[Work item] Report every line of the material that contains the string "requires".

[Records for this task]
//! A new writer.
use crate::writer::Writer;
use ring_frames::Frames;
use ring_steps::WriterSeat;
use std::alloc::Global;
use std::collections::VecDeque;
use trace_model::NoMemory;

impl Writer {
    ghost use Rattle.std.specs.Prelude.{◌≡◌, IfOk};
    ghost use Rattle.ring_steps.specs.Ends.{writing_in, writer_table};
    ghost use Rattle.ring_steps.specs.NewRings.{IsShape, first_writing};
    ghost use Rattle.ring_shared.specs.Calls.{IsWriter};

    /// The writer of a new ring, at this seat. All room is made here: no other call takes memory.
    pub(crate) fn new(alloc: Global, seat: WriterSeat) -> Result<Writer, NoMemory>
        requires shape { IsShape seat.shape }
        requires first { writing_in seat ≡ first_writing seat.shape }
        ensures shape { IfOk result (λ writer. writer.shape ≡ seat.shape) }
        ensures table { IfOk result (λ writer. writer.table ≡ writer_table seat) }
        ensures part { IfOk result (λ writer. writer.part ≡ first_writing seat.shape) }
        ensures writer { IfOk result IsWriter }
    {
        let shape = seat.shape;
        let frames = Frames::new_at(alloc, shape.pages, shape.size, shape.start)?;
        let mut pages = VecDeque::with_capacity(alloc, shape.pages)?;
        let tail = shape.start % shape.pages as u64;
        pages.push_back_reserved(tail as u16);
        Ok(Writer {
            seat,
            frames,
            pages,
        })
    }
}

[Your solution]
        requires shape { IsShape seat.shape }
        requires first { writing_in seat ≡ first_writing seat.shape }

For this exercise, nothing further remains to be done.